• **Work item**: Reproduce exactly, and only, the lines running from the start of the entries below to the line containing "filename crates/journal_keeping/src/boxes.rt".

• **Supplied information**:
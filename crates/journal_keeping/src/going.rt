//! Several moments undone one after the other, and brought back.

ghost use Rattle.std.specs.Prelude.{◌≡◌, ◌-◌, ◌≤◌, length};
ghost use Rattle.journal_keeping.specs.Boxes.{states_of};
ghost use Rattle.journal_model.specs.Plain.{cut};
ghost use Rattle.journal_model.specs.Rebase.{forth_by};
ghost use Rattle.journal_keeping.specs.Calls.{calls_back};
ghost use Rattle.host_state.specs.Work.{CallsAtMost};

use bt_mapkind::MapKind;
use journal_timeline::Timeline;

/// Undoes the moments past this number. It takes no memory.
pub fn go_back<K: MapKind>(line: &mut Timeline<K>, count: u64)
    ensures pasts { line.new.pasts ≡ cut count line.old.pasts }
    ensures boxes { line.new.makes ≡ line.old.makes }
    ensures states { states_of line.new.pasts ≡ states_of line.old.pasts }
    ensures work { CallsAtMost (calls_back (length line.old.pasts.moments - count) line.old.pasts.moments) line.old.work line.new.work }
{
    while line.moment_count() > count {
        line.back();
    }
}

/// Brings the first so many undone moments back. It takes no memory.
pub fn go_forth<K: MapKind>(line: &mut Timeline<K>, count: u64)
    requires { count ≤ length line.old.pasts.undone }
    ensures pasts { line.new.pasts ≡ forth_by count line.old.pasts }
    ensures boxes { line.new.makes ≡ line.old.makes }
{
    let mut left = count;
    'forth: while left > 0 {
        line.forth();
        left -= 1;
    }
}
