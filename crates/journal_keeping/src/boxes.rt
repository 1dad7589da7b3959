//! The boxes that a book keeps: those of the maps in its base, in a moment or in an undone one.

ghost use Rattle.std.specs.Prelude.{◌≡◌, ◌<◌, ◌≤◌, ◌||◌, nat_lt, [], length, filter, vec_len, vec_capacity};
ghost use Rattle.std.specs.FinMap as map;
ghost use Rattle.std.specs.VecDeque.{deque_len, deque_capacity};
ghost use Rattle.bt_objects.specs.Ids.{is_among};
ghost use Rattle.journal_model.specs.Rebase.{advanced};
ghost use Rattle.journal_model.specs.Plain.{now, newest_force, cut};
ghost use Rattle.journal_model.specs.Well.{Each};
ghost use Rattle.journal_keeping.specs.Boxes.{KeepsBoxes, IsMade, IsUpTo, states_of, lasts_of};
ghost use Rattle.journal_keeping.specs.declared.ids.LastIds.{LastIds as LastIdsView};
ghost use Rattle.journal_timeline.specs.Listed.{Rises, ListsPasts};
ghost use Rattle.journal_timeline.specs.Rebased.{AllBegin, ListsAllLeft, kept_pasts};

use crate::ids::{Ids, LastIds};
use bt_mapkind::MapKind;
use bt_objects::Keep;
use host_state::Reply;
use journal_timeline::Timeline;
use std::mem;

/// Drops the boxes that are not listed, none of which a moment or an undone one has.
pub fn keep_only<K: MapKind>(line: &mut Timeline<K>, maps: &mut Vec<u32>, progs: &mut Vec<u32>)
    requires maps { Rises maps.old.items }
    requires progs { Rises progs.old.items }
    requires listed { ListsPasts maps.old.items progs.old.items line.old.pasts }
    ensures boxes { line.new.makes ≡ map.retain_keys line.old.makes (is_among maps.old.items) }
    ensures pasts { line.new.pasts ≡ line.old.pasts }
    ensures work { line.new.work ≡ line.old.work }
    ensures maps { maps.new.items ≡ maps.old.items }
    ensures progs { progs.new.items ≡ progs.old.items }
{
    let keep = lent(maps, progs);
    line.keep_only(&keep);
    *maps = keep.maps;
    *progs = keep.progs;
}

// Moves the two lists into a `Keep` while the boxes that they do not name are dropped.
fn lent(maps: &mut Vec<u32>, progs: &mut Vec<u32>) -> Keep
    requires maps { Rises maps.old.items }
    requires progs { Rises progs.old.items }
    ensures maps { result.maps.items ≡ maps.old.items }
    ensures progs { result.progs.items ≡ progs.old.items }
{
    let alloc = *maps.allocator();
    Keep {
        maps: mem::replace(maps, Vec::new(alloc)),
        progs: mem::replace(progs, Vec::new(alloc)),
    }
}

/// Notes what the newest moment made, which the reply tells, and the last ids that were given then. If undone moments
/// were given up for it, their ids are gone, and the boxes that were in those alone.
pub fn note_moment<K: MapKind>(line: &mut Timeline<K>, ids: &mut Ids, last: LastIds, reply: &Reply)
    requires made { IsMade line.old (lasts_of ids.old.base ids.old.lasts.items) ids.old.maps.items ids.old.progs.items last reply.now }
    requires maps_room { vec_len ids.old.maps < vec_capacity ids.old.maps }
    requires progs_room { vec_len ids.old.progs < vec_capacity ids.old.progs }
    requires lasts_room { deque_len ids.old.lasts < deque_capacity ids.old.lasts }
    ensures boxes { KeepsBoxes line.new.makes (states_of line.new.pasts) (lasts_of ids.new.base ids.new.lasts.items) ids.new.maps.items ids.new.progs.items }
    ensures lasts { Each (IsUpTo last) (lasts_of ids.new.base ids.new.lasts.items) }
    ensures pasts { line.new.pasts ≡ line.old.pasts }
    ensures work { line.new.work ≡ line.old.work }
{
    let standing = line.moment_count() as usize - 1;
    if ids.lasts.len() == standing {
        ids.add(last, reply);
        return;
    }
    ids.give_up(standing);
    ids.add(last, reply);
    keep_only(line, &mut ids.maps, &mut ids.progs);
}

/// Makes the state after the first `count` moments the base; the later moments stay. What has retired in it is dropped with
/// its boxes, and so are the boxes that only the moments given up had. It takes no memory.
pub fn advance<K: MapKind>(line: &mut Timeline<K>, ids: &mut Ids, count: usize)
    requires within { count ≤ length line.old.pasts.moments }
    requires boxes { KeepsBoxes line.old.makes (states_of line.old.pasts) (lasts_of ids.old.base ids.old.lasts.items) ids.old.maps.items ids.old.progs.items }
    requires begin { let before = cut count line.old.pasts in AllBegin (newest_force before.moments) before.undone }
    ensures boxes { KeepsBoxes line.new.makes (states_of line.new.pasts) (lasts_of ids.new.base ids.new.lasts.items) ids.new.maps.items ids.new.progs.items }
    ensures pasts { line.new.pasts ≡ advanced count line.old.pasts }
    ensures work { line.new.work ≡ line.old.work }
    ensures lasts { (last : LastIdsView) → Each (IsUpTo last) (lasts_of ids.old.base ids.old.lasts.items) → Each (IsUpTo last) (lasts_of ids.new.base ids.new.lasts.items) }
{
    ids.advance(count);
    keep_maps_there(&mut ids.maps, ids.base, line);
    keep_progs_there(&mut ids.progs, ids.base, line);
    line.take_out_retired(count, &mut ids.maps, &mut ids.progs);
    line.advance(count);
    drop_retired(line, &mut ids.maps, &mut ids.progs);
}

/// Makes the state after the oldest moment the base, as [`advance`] does of the first. If nothing has retired in it, no box
/// and no id is looked at.
pub fn fold<K: MapKind>(line: &mut Timeline<K>, ids: &mut Ids)
    requires within { 1 ≤ length line.old.pasts.moments }
    requires boxes { KeepsBoxes line.old.makes (states_of line.old.pasts) (lasts_of ids.old.base ids.old.lasts.items) ids.old.maps.items ids.old.progs.items }
    requires begin { let before = cut 1 line.old.pasts in AllBegin (newest_force before.moments) before.undone }
    ensures boxes { KeepsBoxes line.new.makes (states_of line.new.pasts) (lasts_of ids.new.base ids.new.lasts.items) ids.new.maps.items ids.new.progs.items }
    ensures pasts { line.new.pasts ≡ advanced 1 line.old.pasts }
    ensures work { line.new.work ≡ line.old.work }
    ensures lasts { (last : LastIdsView) → Each (IsUpTo last) (lasts_of ids.old.base ids.old.lasts.items) → Each (IsUpTo last) (lasts_of ids.new.base ids.new.lasts.items) }
{
    if line.retires_none(1) {
        ids.advance(1);
        line.advance(1);
    } else {
        advance(line, ids, 1);
    }
}

// Keeps the ids of the maps that are there, live or retired, and those given since the last ones.
fn keep_maps_there<K: MapKind>(ids: &mut Vec<u32>, last: LastIds, line: &Timeline<K>)
    ensures { ids.new.items ≡ filter (λ id. nat_lt last.map_id id || map.contains_key (now line.now.pasts).maps id) ids.old.items }
{
    ids.retain(|id| *id > last.map_id || line.has_map(*id));
}

// Keeps the ids of the programs that are there, live or retired, and those given since the last ones.
fn keep_progs_there<K: MapKind>(ids: &mut Vec<u32>, last: LastIds, line: &Timeline<K>)
    ensures { ids.new.items ≡ filter (λ id. nat_lt last.prog_id id || map.contains_key (now line.now.pasts).progs id) ids.old.items }
{
    ids.retain(|id| *id > last.prog_id || line.has_prog(*id));
}

// Drops the objects that are not listed, each of which has retired in the base or is in no state.
fn drop_retired<K: MapKind>(line: &mut Timeline<K>, maps: &mut Vec<u32>, progs: &mut Vec<u32>)
    requires maps { Rises maps.old.items }
    requires progs { Rises progs.old.items }
    requires listed { ListsAllLeft maps.old.items progs.old.items line.old.pasts }
    ensures pasts { line.new.pasts ≡ kept_pasts maps.old.items progs.old.items line.old.pasts }
    ensures boxes { line.new.makes ≡ map.retain_keys line.old.makes (is_among maps.old.items) }
    ensures work { line.new.work ≡ line.old.work }
    ensures maps { maps.new.items ≡ maps.old.items }
    ensures progs { progs.new.items ≡ progs.old.items }
{
    let keep = lent(maps, progs);
    line.drop_retired(&keep);
    *maps = keep.maps;
    *progs = keep.progs;
}
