//! Marks: names of moments.

ghost use Rattle.std.specs.Prelude.{◌≡◌, ◌≤◌, ◌<◌, ◌+◌, ◌^◌, ◌++◌, ◌∷◌, [], None, IfOk, OnOk, OnErr, ◌-◌, ◌||◌, map, nat_le, nat_lt};
ghost use Rattle.journal_model.specs.Listed.{mark_row};
ghost use Rattle.journal_model.specs.Marks.{Mark, moments_at, marks_from, names_below, is_among_names, without_name, marks_up_to};
ghost use Rattle.journal_model.specs.Well.{Each};

use host_words::{NoMemory, Word};
use indexmap::IndexMap;
use journal_model::MarkRow;
use std::alloc::Global;
use std::marker::Model;

/// The marks of a book by their names, in the order in which they were made. Each has the number of all moments that were
/// made before it, those that have joined the base among them: so if the base moves on, no mark is touched. A mark of a
/// smaller number than these is forgotten; its entry stays until one of its name is made.
#[derive(Drop)]
pub struct Marks {
    by_name: IndexMap<Word, u64>,
    // How many moments have joined the base.
    gone: u64,
}

impl Model for Marks {
    ghost use Rattle.std.specs.Prelude.{ℕ, List, ◌≤◌, nat_eq};
    ghost use Rattle.std.specs.Cmp.Lexicographic.{pointwise};
    ghost use Rattle.indexmap.specs.IndexMap.{IsUnique};
    ghost use Rattle.journal_model.specs.Well.{EachPair};
    ghost use Rattle.journal_keeping.specs.MarksView.{MarksView, marks_code, seen_marks};

    ghost Value = { MarksView };

    ghost coded = { marks_code };

    ghost view = { λ m. seen_marks m.gone m.by_name.entries };

    ghost invariant = { λ m.
        IsUnique (pointwise nat_eq) m.by_name
        × EachPair (λ (earlier later : List ℕ × ℕ). earlier.1 ≤ later.1) m.by_name.entries };
}

impl Marks {
    /// No marks. It takes no memory.
    pub fn new(alloc: Global) -> Marks
        ensures { result ≡ record { gone = 0; standing = []; forgotten = [] } }
    {
        Marks {
            by_name: IndexMap::new(alloc),
            gone: 0,
        }
    }

    /// The number of moments of the mark of this name, if it stands. It takes no memory.
    pub fn find(&self, name: &Word) -> Option<u64>
        ensures { result ≡ moments_at name.now self.now.standing }
    {
        match self.by_name.get(name).copied() {
            Some(number) if number >= self.gone => Some(number - self.gone),
            _ => None,
        }
    }

    /// Whether the mark of this name is forgotten. It takes no memory.
    pub fn is_forgotten(&self, name: &Word) -> bool
        ensures { result ≡ is_among_names name.now self.now.forgotten }
    {
        match self.by_name.get(name).copied() {
            Some(number) => number < self.gone,
            None => false,
        }
    }

    /// Adds a mark of a name under which none stands, which is forgotten no more. Takes memory; if it is refused, the
    /// marks are as they were.
    pub fn insert(&mut self, name: Word, moments: u64) -> Result<(), NoMemory>
        requires none { moments_at name self.old.standing ≡ None }
        requires fits { self.old.gone + moments < 2 ^ 64 }
        requires last { Each (λ (m : Mark). m.moments ≤ moments) self.old.standing }
        ensures gone { self.new.gone ≡ self.old.gone }
        ensures standing { OnOk result (self.new.standing ≡ self.old.standing ++ record { name = name; moments = moments } ∷ []) }
        ensures forgotten { OnOk result (self.new.forgotten ≡ without_name name self.old.forgotten) }
        ensures refused { OnErr result (self.new ≡ self.old) }
    {
        self.by_name.reserve(1)?;
        let _ = self.by_name.shift_remove(&name);
        match self.by_name.insert(name, self.gone + moments) {
            Ok(_) => Ok(()),
            Err(_) => unreachable!(),
        }
    }

    /// Drops the marks of a greater number. It takes no memory.
    pub fn keep_up_to(&mut self, count: u64)
        ensures gone { self.new.gone ≡ self.old.gone }
        ensures standing { self.new.standing ≡ marks_up_to count self.old.standing }
        ensures forgotten { self.new.forgotten ≡ self.old.forgotten }
    {
        let gone = self.gone;
        self.by_name.retain(
            |_name: &Word, number: &mut u64| -> bool
                ensures { (result ≡ nat_le (number.old - gone) count) × (number.new ≡ number.old) }
            { number.saturating_sub(gone) <= count },
        );
    }

    /// So many more moments have joined the base: drops the marks of a smaller number, and counts the others from there on.
    /// It takes no memory.
    pub fn count_from(&mut self, count: u64)
        requires { self.old.gone + count < 2 ^ 64 }
        ensures gone { self.new.gone ≡ self.old.gone + count }
        ensures standing { self.new.standing ≡ marks_from count self.old.standing }
        ensures forgotten { self.new.forgotten ≡ self.old.forgotten }
    {
        let gone = self.gone;
        let next = gone + count;
        self.by_name.retain(
            |_name: &Word, number: &mut u64| -> bool
                ensures { (result ≡ (nat_lt number.old gone || nat_le next number.old)) × (number.new ≡ number.old) }
            { *number < gone || *number >= next },
        );
        self.gone = next;
    }

    /// The oldest moment has joined the base: the marks before it are forgotten. It takes no memory, and looks
    /// at no mark.
    pub fn fold(&mut self)
        requires { self.old.gone + 1 < 2 ^ 64 }
        ensures gone { self.new.gone ≡ self.old.gone + 1 }
        ensures standing { self.new.standing ≡ marks_from 1 self.old.standing }
        ensures forgotten { self.new.forgotten ≡ self.old.forgotten ++ names_below 1 self.old.standing }
    {
        self.gone += 1;
    }

    /// What a list shows of those that stand, in order. Takes memory.
    pub fn rows(&self) -> Result<Vec<MarkRow>, NoMemory>
        ensures { IfOk result (λ rows. rows.items ≡ map mark_row self.now.standing) }
    {
        let mut rows = Vec::with_capacity(*self.by_name.allocator(), self.by_name.len())?;
        for (name, number) in self.by_name.iter() {
            if *number >= self.gone {
                rows.push(MarkRow {
                    name: name.copy()?,
                    moments: *number - self.gone,
                })?;
            }
        }
        Ok(rows)
    }
}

• **Output of the task**:
filename crates/journal_keeping/src/going.rt
//! Several moments undone one after the other, and brought back.

ghost use Rattle.std.specs.Prelude.{◌≡◌, ◌-◌, ◌≤◌, length};
ghost use Rattle.journal_keeping.specs.Boxes.{states_of};
ghost use Rattle.journal_model.specs.Plain.{cut};
ghost use Rattle.journal_model.specs.Rebase.{forth_by};
ghost use Rattle.journal_keeping.specs.Calls.{calls_back};
ghost use Rattle.host_state.specs.Work.{CallsAtMost};

use bt_mapkind::MapKind;
use journal_timeline::Timeline;

/// Undoes the moments past this number. It takes no memory.
pub fn go_back<K: MapKind>(line: &mut Timeline<K>, count: u64)
    ensures pasts { line.new.pasts ≡ cut count line.old.pasts }
    ensures boxes { line.new.makes ≡ line.old.makes }
    ensures states { states_of line.new.pasts ≡ states_of line.old.pasts }
    ensures work { CallsAtMost (calls_back (length line.old.pasts.moments - count) line.old.pasts.moments) line.old.work line.new.work }
{
    while line.moment_count() > count {
        line.back();
    }
}

/// Brings the first so many undone moments back. It takes no memory.
pub fn go_forth<K: MapKind>(line: &mut Timeline<K>, count: u64)
    requires { count ≤ length line.old.pasts.undone }
    ensures pasts { line.new.pasts ≡ forth_by count line.old.pasts }
    ensures boxes { line.new.makes ≡ line.old.makes }
{
    let mut left = count;
    'forth: while left > 0 {
        line.forth();
        left -= 1;
    }
}
filename crates/journal_keeping/src/boxes.rt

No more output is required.